To determine in which case the extension of the wire will be maximum, we can use the relationship derived from Young's modulus. The extension (ΔL) of a wire under tension is given by the formula:
\[
\Delta L = \frac{F \cdot L}{Y \cdot A}
\]
Where:
- \(F\) is the force applied (tension in the wire),
- \(L\) is the original length of the wire,
- \(Y\) is Young's modulus of the material (constant for the same material),
- \(A\) is the cross-sectional area of the wire.

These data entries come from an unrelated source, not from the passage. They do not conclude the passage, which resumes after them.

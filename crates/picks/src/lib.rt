// The picks: through aisles, then cells, upwards; each passed cell gives what its line still lacks, as far as stock goes.
#![tactic(auto)]

ghost use Rattle.std.specs.Prelude.{◌≡◌, ◌≤◌, ◌<◌, get_or, None, IfSome};
ghost use Rattle.rules.specs.Jobs.{Job};
ghost use Rattle.rules.specs.Plans.{passes_cell};
ghost use Rattle.rules.specs.Picks.{picks_of};
ghost use Rattle.values.specs.Shelves.{cell_number};
ghost use Rattle.values.specs.FixedLists.{items};
ghost use Rattle.values.specs.Values.{plan_of};
ghost use Rattle.picks.specs.Picking.{Asked, PickedAt};

use rules::{Action, OrderLine, Pick};
use shelves::cell_number;
use values::{PickList, PlanValue, Shelf};

// Whether an action passes a cell of its aisle.
pub fn passes(action: Action, cell: usize) -> bool
    ensures { result ≡ passes_cell action cell }
{
    match action {
        Action::Void => false,
        Action::Bottom(i) => cell <= i,
        Action::Top(i) => i <= cell,
        Action::Gap(h, i) => cell <= h || i <= cell,
        Action::Once => true,
        Action::Twice => true,
    }
}

// The pick from a cell of an aisle, of which its line then lacks as much less; none where nothing is taken.
fn pick_at(
    lacking: &mut [OrderLine; 8],
    shelf: &Shelf,
    action: Action,
    aisle: usize,
    cell: usize,
) -> Option<Pick>
    requires aisle { (1 ≤ aisle) × (aisle ≤ 16) }
    requires cell { (1 ≤ cell) × (cell ≤ 24) }
    requires line { IfSome (get_or shelf.now.line (cell_number aisle cell) None) (λ k. k < 8) }
    ensures { PickedAt shelf.now action aisle cell lacking.old lacking.new result }
{
    let place = cell_number(aisle, cell);
    let Some(number) = shelf.line[place] else {
        return None;
    };
    if !passes(action, cell) {
        return None;
    }
    let line = &mut lacking[number];
    let quantity = line.quantity.min(shelf.quantity[place]);
    if quantity == 0 {
        return None;
    }
    line.quantity -= quantity;
    Some(Pick {
        aisle,
        cell,
        article: line.article,
        quantity,
    })
}

// The picks of a plan for a job with these lines, so many cells to an aisle, and this shelf.
pub fn picks(lines: [OrderLine; 8], cells: usize, shelf: &Shelf, plan: PlanValue) -> PickList
    requires { (job : Job) × Asked job lines cells shelf.now plan }
    ensures { (job : Job) → Asked job lines cells shelf.now plan → items result ≡ picks_of job (plan_of plan) }
{
    let mut picks = PickList::new();
    let mut lacking = lines;
    for (j, stage) in plan.as_slice().iter().enumerate() {
        for c in 0..cells {
            if let Some(pick) = pick_at(&mut lacking, shelf, stage.action, j + 1, c + 1) {
                picks.push(pick);
            }
        }
    }
    picks
}
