// A template of one gray is refused in its first pass, where every sum over it is exact. There is no code here: specs/Flat.antt has the statement, of any
// result that the alignment's contract admits. In proofs/:
//   Sums     a sum of one whole number, its mean, and what is left of it: nothing
//   Refused  the first pass, and the call
#![tactic(auto)]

The cross-sectional area \(A\) of a wire with diameter \(d\) is given by:
\[
A = \frac{\pi d^2}{4}
\]
Substituting this into the extension formula gives:
\[
\Delta L = \frac{F \cdot L}{Y \cdot \left(\frac{\pi d^2}{4}\right)} = \frac{4F \cdot L}{Y \cdot \pi d^2}
\]
From this expression, we can see that the extension ΔL is directly proportional to the length \(L\) and inversely proportional to the square of the diameter \(d^2\):
\[
\Delta L \propto \frac{L}{d^2}
\]
Now, we can analyze the given options by calculating \( \frac{L}{d^2} \) for each case.
1. **Option A**: \(L = 200 \, \text{mm}, d = 0.5 \, \text{mm}\)
\[
\frac{L}{d^2} = \frac{200}{(0.5)^2} = \frac{200}{0.25} = 800
\]
2. **Option B**: \(L = 300 \, \text{cm} = 3000 \, \text{mm}, d = 1 \, \text{mm}\)
\[
\frac{L}{d^2} = \frac{3000}{(1)^2} = 3000
\]
3. **Option C**: \(L = 50 \, \text{cm} = 500 \, \text{mm}, d = 0.05 \, \text{mm}\)
\[
\frac{L}{d^2} = \frac{500}{(0.05)^2} = \frac{500}{0.0025} = 200000
\]
4. **Option D**: \(L = 100 \, \text{cm} = 1000 \, \text{mm}, d = 0.2 \, \text{mm}\)
\[
\frac{L}{d^2} = \frac{1000}{(0.2)^2} = \frac{1000}{0.04} = 25000
\]
Now, we can compare the values calculated:
- Option A: 800
- Option B: 3000
- Option C: 200000
- Option D: 25000
From these calculations, we can see that **Option C** has the maximum value of \( \frac{L}{d^2} \), which means it will have the maximum extension.
Thus, the case with the maximum extension of the wire is **Option C**.